Hermann Hugo Rudolf Schwartze (7 September 1837 – 20 August 1910) was a German aurist, born at Neuhof in Pomerania and educated in Berlin and Würzburg. He settled in Halle, where he became assistant professor of otology at its university.
One of the founders of modern otology, Schwartze made a particular study of the anatomy of the ear and improved the methods of paracentesis on the tympanic membrane and of the opening of inflamed apophyses of the middle ear.

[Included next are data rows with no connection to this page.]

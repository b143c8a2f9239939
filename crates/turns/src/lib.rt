// Which worker steps next, and which order comes next.
// Uses `model` and `orders`.

#![tactic(auto)]

ghost use Rattle.std.specs.Prelude.{◌≡◌, ◌-◌, ◌≤◌, length};
ghost use Rattle.turns.specs.Turns.{from, first_busy, Turned};

// The first worker from `first` on that has an operation open or left; 8 if there is none, as `first_busy` and `Turned` have it.
pub fn up(todo: &[u32; 8], first: u32) -> u32
    requires { length todo.now ≡ 8 }
    ensures { result ≡ first_busy todo.now (from first (8 - first)) }
{
    for i in first..8 {
        if 0 < todo[i as usize] {
            return i;
        }
    }
    8
}

// The start of the next order: of the last step that a higher worker might have made, that one makes it. Answers how many steps
// are given so; 0 if there is no further order.
pub fn turn(order: &mut [u32; 256], others: &[u32; 256], steps: u32) -> u32
    requires steps_bound { steps ≤ 256 }
    requires order_len { length order.old ≡ 256 }
    requires others_len { length others.now ≡ 256 }
    ensures { Turned order.old others.now steps result order.new }
{
    for k in (0..steps as usize).rev() {
        let other = others[k];
        if other < 8 {
            order[k] = other;
            return k as u32 + 1;
        }
    }
    0
}
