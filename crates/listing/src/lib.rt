// Lines of input played one after the other, and what they print, however the input is cut into buffers.
// Uses `model`, `theorems`, `stages`, `rooms`, `limits`, `state`, `machine`, `text` and `replies`. It is used by `bench`.

#![tactic(auto)]

ghost use Rattle.std.specs.Prelude.{◌≡◌, ◌+◌, ◌≤◌, length, drop};
ghost use Rattle.replies.specs.Sessions.{program_of, left_by};
ghost use Rattle.listing.specs.Listing.{until_newline};
ghost use Rattle.listing.specs.Consuming.{Reachable, ConsumedBy, CarriedBy};

use machine::Made;
use model::{Answer, Worker};
use replies::{LONGEST, Session};

// What consuming a buffer left: the session, how many bytes were played and how many written, and whether an accepted `end` was
// among them. The flag stands beside the values since the definition `ConsumedBy` reads all four after an `end` too.
#[derive(Clone, Copy)]
pub struct Consumed {
    pub session: Session,
    pub used: usize,
    pub wrote: usize,
    pub stops: bool,
}

// Where the line that starts at `at` ends: at a newline byte or at the buffer's end. Its clause is exact, as `consume`'s is; the program
// `calls` asks less of its own.
fn line_end(buf: &[u8], at: usize) -> usize
    requires { at ≤ length buf.now }
    ensures { result ≡ at + length (until_newline (drop at buf.now)) }
{
    for i in at..buf.len() {
        if buf[i] == b'\n' {
            return i;
        }
    }
    buf.len()
}

// Plays the lines of the buffer that end in a newline, as long as the output has room for another line's text. `step I M` is
// M steps, stopping at the first refusal. The bench stays in place where it can: a step that changes its worker's record alone
// replaces that record, a compare that fails counts a restart beside it, and what is refused leaves it alone. A bench that a
// `queue` of this program made is never foreign, so the limits are not tested at each step. The parts of the session are locals for
// that: a step writes them where they stand. The inner loop counts down, since what is proved of it (`Stepping`) takes the steps that
// are left; the outer one ends in four places and moves on by lines, so a range would count nothing.
pub fn consume(
    session: Session,
    buf: &[u8],
    store: &mut [u32],
    log: &mut [u32],
    out: &mut [u8],
) -> Consumed
    requires { Reachable (program_of session store.old log.old) }
    ensures consumed_by { ConsumedBy (program_of session store.old log.old) buf.now result store.new log.new out.new }
    ensures reachable { Reachable (left_by result.stops result.session store.new log.new) }
{
    let mut live = session.live;
    let mut long = session.long;
    let mut bench = session.bench;
    let mut used: usize = 0;
    let mut wrote: usize = 0;
    let mut stops = false;
    let most = out.len();
    'lines: while used < buf.len() {
        if most - wrote < LONGEST {
            break;
        }
        let end = line_end(buf, used);
        if end == buf.len() {
            break;
        }
        let command = text::parse(&buf[used..end]);
        used = end + 1;
        let asked = replies::ask(live, command);
        let Some((worker, times)) = asked else {
            let stop = replies::refused_at_once(live, bench, command);
            if let Err(why) = stop {
                let answer = Answer::Refused { why };
                wrote = replies::show(bench.words, answer, out, wrote);
                continue;
            }
            let p = replies::play(
                Session { live, long, bench },
                command,
                store,
                log,
                out,
                wrote,
            );
            live = p.session.live;
            long = p.session.long;
            bench = p.session.bench;
            wrote = p.end;
            if p.stops {
                stops = true;
                break;
            }
            continue;
        };
        let i = machine::place_of(worker);
        let n = replies::span(long, store);
        let mut left = times;
        while 0 < left {
            let own = bench.workers[i];
            let line = own.line;
            let kind = bench.kind;
            let queue = bench.queue;
            let room = rooms::room_at(line, queue, &store[..n]);
            let moved = machine::step_in(
                room,
                kind,
                bench.width,
                bench.words,
                bench.crew,
                queue,
                bench.written,
                worker,
                line,
                false,
                &mut store[..n],
                log,
            );
            let to = moved.line;
            let made = moved.made;
            left -= 1;
            let Made::Nothing = made else {
                if let Made::Refused { why } = made {
                    let answer = Answer::Refused { why };
                    wrote = replies::show(bench.words, answer, out, wrote);
                    continue 'lines;
                }
                if let Made::Fails = made {
                    let count = stages::one_more(bench.restarts[i]);
                    bench.restarts[i] = count;
                    bench.workers[i] = Worker { line: to };
                    continue;
                }
                let done = machine::settled(bench, i, to, made);
                let answer = done.answer;
                bench = done.bench;
                wrote = replies::show(bench.words, answer, out, wrote);
                continue;
            };
            bench.workers[i] = Worker { line: to };
        }
    }
    Consumed {
        session: Session { live, long, bench },
        used,
        wrote,
        stops,
    }
}

// Moves the bytes from `from` to `n`, a line that has begun, to the front of the buffer, and answers how many there are. Of more
// than 72 the first 72 are enough: a line that long is refused whatever follows.
pub fn carry(buf: &mut [u8], from: usize, n: usize) -> usize
    ensures { CarriedBy buf.old from n result buf.new }
{
    let to = n.min(buf.len());
    let k = to.saturating_sub(from).min(72);
    if 0 < k {
        buf.copy_within(from..from + k, 0);
    }
    k
}
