impl<S: Store<Entry<P>>, A: Allocator, P: Part> Book<S, A, P> {
    /// A Book without lines over an empty store, with room for so many lines, 1 to 1,048,576, else
    /// `LinesOutOfRange`; its journal is kept whole. Else as `lasting`.
    pub fn new(alloc: A, store: S, lines: u32) -> Result<Self, BookError>
        requires { S.content store ≡ [] }
        ensures ok { IfOk result (λ book. (book.room ≡ lines) × (book.journal ≡ [])) }
        ensures plain { IfOk result IsPlain }
        ensures waiters { IfOk result (λ book. book.waiters ≡ []) }
        ensures in_range { IfOk result (λ _. IsRoom lines) }
        ensures out_of_range { IsErrOf result BookError.LinesOutOfRange ↔ (¬ (IsRoom lines)) }
    {
        if u64::from(lines) > MOST_LINES {
            return Err(BookError::LinesOutOfRange);
        }
        Book::lasting(alloc, store, u64::from(lines))
    }

    /// A Book without lines over an empty store, with room for so many lines, 1 to
    /// 72,057,594,037,927,936, else `LinesOutOfRange`; then `NoMemory` where memory was refused. All
    /// memory that the journal will ever need is taken and touched here: 40 bytes for each line that
    /// it keeps, 64 for one of wide items. Where there is no Book, the store is dropped.
    pub fn lasting(alloc: A, store: S, room: u64) -> Result<Self, BookError>
        requires { S.content store ≡ [] }
        ensures ok { IfOk result (λ book. (book.room ≡ room) × (book.journal ≡ [])) }
        ensures plain { IfOk result IsPlain }
        ensures waiters { IfOk result (λ book. book.waiters ≡ []) }
        ensures in_range { IfOk result (λ _. IsLongRoom room) }
        ensures out_of_range { IsErrOf result BookError.LinesOutOfRange ↔ (¬ (IsLongRoom room)) }
    {
        Book::limited(alloc, store, room, room.saturating_add(1), room)
    }

    /// As `lasting`, with a bound, the most items that pushes may leave; and with the number of lines that
    /// the journal may have until more are archived. That is `page_of` the room where the Book refuses rather
    /// than forget, the room where it forgets.
    pub fn limited(
        alloc: A,
        store: S,
        room: u64,
        bound: u64,
        allowed: u64,
    ) -> Result<Self, BookError>
        requires { S.content store ≡ [] }
        ensures ok { IfOk result (λ book. (book.room ≡ room) × (book.bound ≡ bound) × (book.allowed ≡ allowed) × (book.journal ≡ [])) }
        ensures waiters { IfOk result (λ book. book.waiters ≡ []) }
        ensures in_range { IfOk result (λ _. IsLongRoom room) }
        ensures out_of_range { IsErrOf result BookError.LinesOutOfRange ↔ (¬ (IsLongRoom room)) }
    {
        if room == 0 || room > GREATEST_NUMBER {
            return Err(BookError::LinesOutOfRange);
        }
        let Ok(journal) = Journal::new(alloc, page_of(room)) else {
            return Err(BookError::NoMemory);
        };
        Ok(Book {
            store,
            journal,
            room,
            bound,
            allowed,
            line_limit: room.min(allowed),
            push_limit: bound,
            shut: false,
            peak: 0,
            waiters: WaitList::new(),
        })
    }

    /// Carries a request out and enters it in the journal; where the page is full, its oldest line is
    /// forgotten. Journal and limits decide whether it is refused, and why: `MayDo` has the order. Else it answers NoMemory only
    /// to a push: one for which the store could not grow, or which found 4,294,967,295 items in it. After
    /// a refusal nothing has changed. Over stores that all have room for as many items as the
    /// journal has lines, as `ReservedHeap`, it never answers NoMemory; nor, in a lasting journal too,
    /// while they all have room for one item more than the journal leaves. It takes no memory but the
    /// store's. The serial is above each one that the place has in the journal.
    #[inline(always)]
    pub fn apply(&mut self, place: u16, serial: u64, request: Request<Item<P>>) -> Answer<Item<P>>
        requires { last_serial place self.old.journal < serial }
        ensures answer { MayAnswer (limits_of self.old) self.old.journal request result }
        ensures journal { self.new.journal ≡ journal_after self.old.journal place serial request result }
        ensures terms { KeepsTerms self.old self.new }
        ensures allowed { self.new.allowed ≡ self.old.allowed }
        ensures proper { IsProperAnswerOf P.wide result }
        ensures within { IsAnswerWithin P.wide self.old.room result }
        ensures memory { AllHaveRoom S.room self.old.room → result ≢ Answer.NoMemory }
        ensures spare { AllHaveRoom S.room (length (left self.old.journal) + 1) → result ≢ Answer.NoMemory }
        // A run of one dealing, of those that `law_every_run` speaks of.
        ensures run { MayDeal self.old.room self.old.bound self.old.journal
            (dealing self.old.allowed place serial request result ∷ []) self.new.journal }
    {
        law_one_more_line();
        law_shut();
        law_items_stay_in_range();
        law_request_is_proper(&request);
        if let Some(refused) = self.bar(&Operation::asked(request)) {
            return refused;
        }
        let number = self.journal.len() + 1;
        let asked = request;
        let Some(reply) = carried_out_within(&mut self.store, number, asked) else {
            return Answer::NoMemory;
        };
        let told = reply;
        self.journal.add(Line {
            serial,
            operation: Operation::asked(request),
            reply: told,
            place,
        });
        self.peak = peak_with(self.peak, self.store.len() as u64);
        Answer::Entered(number, reply)
    }

    // What refuses the operation, but for memory. Where nothing does, two comparisons say so, but of a shut.
    #[inline(always)]
    fn bar(&self, operation: &Operation<P>) -> Option<Answer<Item<P>>>
        ensures refused { IfSome result (λ answer. MayDo (limits_of self.now) self.now.journal operation.now answer × IsBar answer) }
        ensures admitted { IfNone result (IsAdmitted (limits_of self.now) self.now.journal operation.now) }
    {
        if self.journal.len() < self.line_limit {
            if operation.adds() {
                if (self.store.len() as u64) < self.push_limit {
                    return None;
                }
            } else if !operation.ends_at_shut() {
                return None;
            }
        }
        self.first_bar(operation)
    }

    // The same, by the first of these that is true.
    #[inline(always)]
    fn first_bar(&self, operation: &Operation<P>) -> Option<Answer<Item<P>>>
        ensures refused { IfSome result (λ answer. MayDo (limits_of self.now) self.now.journal operation.now answer × IsBar answer) }
        ensures admitted { IfNone result (IsAdmitted (limits_of self.now) self.now.journal operation.now) }
    {
        let lines = self.journal.len();
        if lines >= self.room {
            return Some(Answer::BookFull);
        }
        if self.shut && operation.ends_at_shut() {
            return Some(Answer::Refused(Refusal::Shut.padded()));
        }
        if lines >= self.allowed {
            return Some(Answer::Refused(Refusal::Unarchived.padded()));
        }
        if operation.adds() && self.store.len() as u64 >= self.bound {
            return Some(Answer::Refused(Refusal::Full.padded()));
        }
        None
    }

    /// The first so many lines are archived, or all where there are fewer. From now on the journal may have
    /// as many more as memory keeps. Enters nothing, and takes no memory.
    pub fn archived(&mut self, lines: u64)
        ensures allowed { self.new.allowed ≡ max self.old.allowed (min lines (length self.old.journal) + page_of self.old.room) }
        ensures journal { self.new.journal ≡ self.old.journal }
        ensures terms { KeepsTerms self.old self.new }
    {
        let archived = lines.min(self.journal.len());
        self.allowed = self.allowed.max(archived + page_of(self.room) as u64);
        self.line_limit = self.room.min(self.allowed);
    }

    /// Whether the queue is shut: whether the journal has a shut line. Enters nothing, and takes no memory.
    pub fn is_shut(&self) -> bool
        ensures shut { result ≡ is_shut self.now.journal }
        ensures heeds { HeedsShut self.now.journal }
    {
        self.shut
    }

    /// The most items that pushes may leave: none of its journal's beginnings leaves more. Enters nothing, and takes no memory.
    pub fn bound(&self) -> u64
        ensures bound { result ≡ self.now.bound }
        ensures kept { KeepsBound result self.now.journal }
    {
        self.bound
    }

    /// How many lines the journal may have until more are archived. Enters nothing, and takes no memory.
    pub fn allowed(&self) -> u64
        ensures allowed { result ≡ self.now.allowed }
        ensures kept { length self.now.journal ≤ result }
    {
        self.allowed
    }

    /// The first item that the journal leaves in the queue, where there is one: what a pop would take
    /// out. Enters nothing, and takes no memory.
    pub fn first(&self) -> Option<Item<P>>
        ensures { result ≡ first_of (left self.now.journal) }
    {
        match self.store.least() {
            Some(entry) => Some(entry.item()),
            None => None,
        }
    }

    /// How many items the journal leaves in the queue. Enters nothing, and takes no memory.
    pub fn items(&self) -> u64
        ensures { result ≡ length (left self.now.journal) }
    {
        self.store.len() as u64
    }

    /// The most items that waited at once: the greatest number that the journal, or any beginning of it, leaves in the queue.
    /// Enters nothing, and takes no memory.
    pub fn peak_items(&self) -> u64
        ensures { IsPeak self.now.journal result }
    {
        self.peak
    }

    /// How many lines the journal may have in all.
    pub fn room(&self) -> u64
        ensures { result ≡ self.now.room }
    {
        self.room
    }

    /// How many lines the journal has in all.
    pub fn len(&self) -> u64
        ensures count { result ≡ length self.now.journal }
        ensures room { result ≤ self.now.room }
        ensures in_range { IsLongRoom self.now.room }
    {
        self.journal.len()
    }

    /// The greatest serial that the place has in the journal, or 0 where it has no line. `None` where
    /// the journal is not kept whole.
    pub fn last_serial(&self, place: u16) -> Option<u64>
        ensures value { IfSome result (λ serial. serial ≡ last_serial place self.now.journal) }
        ensures none { IfNone result (MOST_LINES < self.now.room) }
    {
        if self.room > MOST_LINES {
            return None;
        }
        let lines = self.lines();
        Some(last_serial_in(lines.older, place))
    }

    /// The last lines of the journal, which is a legal history of the queue of one thread: all that
    /// are in memory. Takes no memory.
    pub fn lines(&self) -> LastLines<'_, P>
        ensures last { AreLast (result.older.now ++ result.newer.now) result.forgotten self.now.journal }
        ensures page { result.forgotten ≡ length self.now.journal - page_of self.now.room }
        ensures whole { self.now.room ≤ MOST_LINES → result.older.now ≡ self.now.journal }
        ensures none_before { self.now.room ≤ MOST_LINES → result.forgotten ≡ 0 }
        ensures legal { IsLegal self.now.journal }
        ensures rise { SerialsRise self.now.journal }
        ensures room { length self.now.journal ≤ self.now.room }
        ensures in_range { IsLongRoom self.now.room }
    {
        let forgotten = self.journal.forgotten();
        let (older, newer) = self.journal.kept();
        LastLines {
            forgotten,
            older,
            newer,
        }
    }

    /// Copies the lines behind the first so many, which the archive has already, to its end; none
    /// where there are no more. Where the first of them is forgotten, or memory for them is refused,
    /// the archive is as it was. One that is brought up to date at least once in each 65,536 lines
    /// loses none.
    pub fn lines_from<B: Allocator>(
        &self,
        archived: u64,
        archive: &mut Vec<Line<P>, B>,
    ) -> Result<(), LinesError>
        ensures ok { OnOk result (archive.new.items ≡ archive.old.items ++ drop archived self.now.journal) }
        ensures err { OnErr result (archive.new.items ≡ archive.old.items) }
        ensures forgotten { IsErrOf result LinesError.Forgotten ↔ archived + page_of self.now.room < length self.now.journal }
        // An archive with as many lines as the Book takes for archived loses none.
        ensures kept { self.now.allowed ≤ archived + page_of self.now.room → IsErrOf result LinesError.Forgotten → ⊥ }
    {
        if archived < self.journal.forgotten() {
            return Err(LinesError::Forgotten);
        }
        let behind = archived.min(self.journal.len());
        match self.journal.copy_from(behind, archive) {
            Ok(()) => Ok(()),
            Err(AllocError) => Err(LinesError::NoMemory),
        }
    }

    /// What `into_parts` gives of the Book in this place, which is empty then. It is handed over in a place, since the borrow
    /// checker covers no call that takes a Book whose width is a parameter of what is called.
    pub fn take_parts(place: &mut Option<Self>) -> (S, u64, Vec<Line<P>, A>)
        requires { IsSome place.old }
        ensures { IfSome place.old (λ book. AreParts book (S.content result.0) result.1 result.2.items) }
    {
        let Some(book) = place.take() else {
            unreachable!()
        };
        let Book {
            store,
            journal,
            room: _,
            bound: _,
            allowed: _,
            line_limit: _,
            push_limit: _,
            shut: _,
            peak: _,
            waiters: _,
        } = book;
        let forgotten = journal.forgotten();
        (store, forgotten, journal.into_kept())
    }
}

He wrote Praktische Beiträge zur Ohrenheilkunde (1864), Pathologische Anatomie des Ohrs (1878; English translation by J. O. Green, The Pathological Anatomy of the Ear, 1878), Lehrbuch der chirurgischen Krankheiten desOhrs (1885), and Grundriss der Otologie (1905). He was co-editor with Emil Berthold of the Handbuch der Ohrenheilkunde (1892–1893); and in 1864 was co-founder of the Archiv für Ohrenheilkunde with Adam Politzer and Anton von Troeltsch. This publication was the first journal in Germany dedicated to ear disorders.
Terms
- Schwartze's operation—the opening of the mastoid cells with a hammer and chisel in disease of the middle ear.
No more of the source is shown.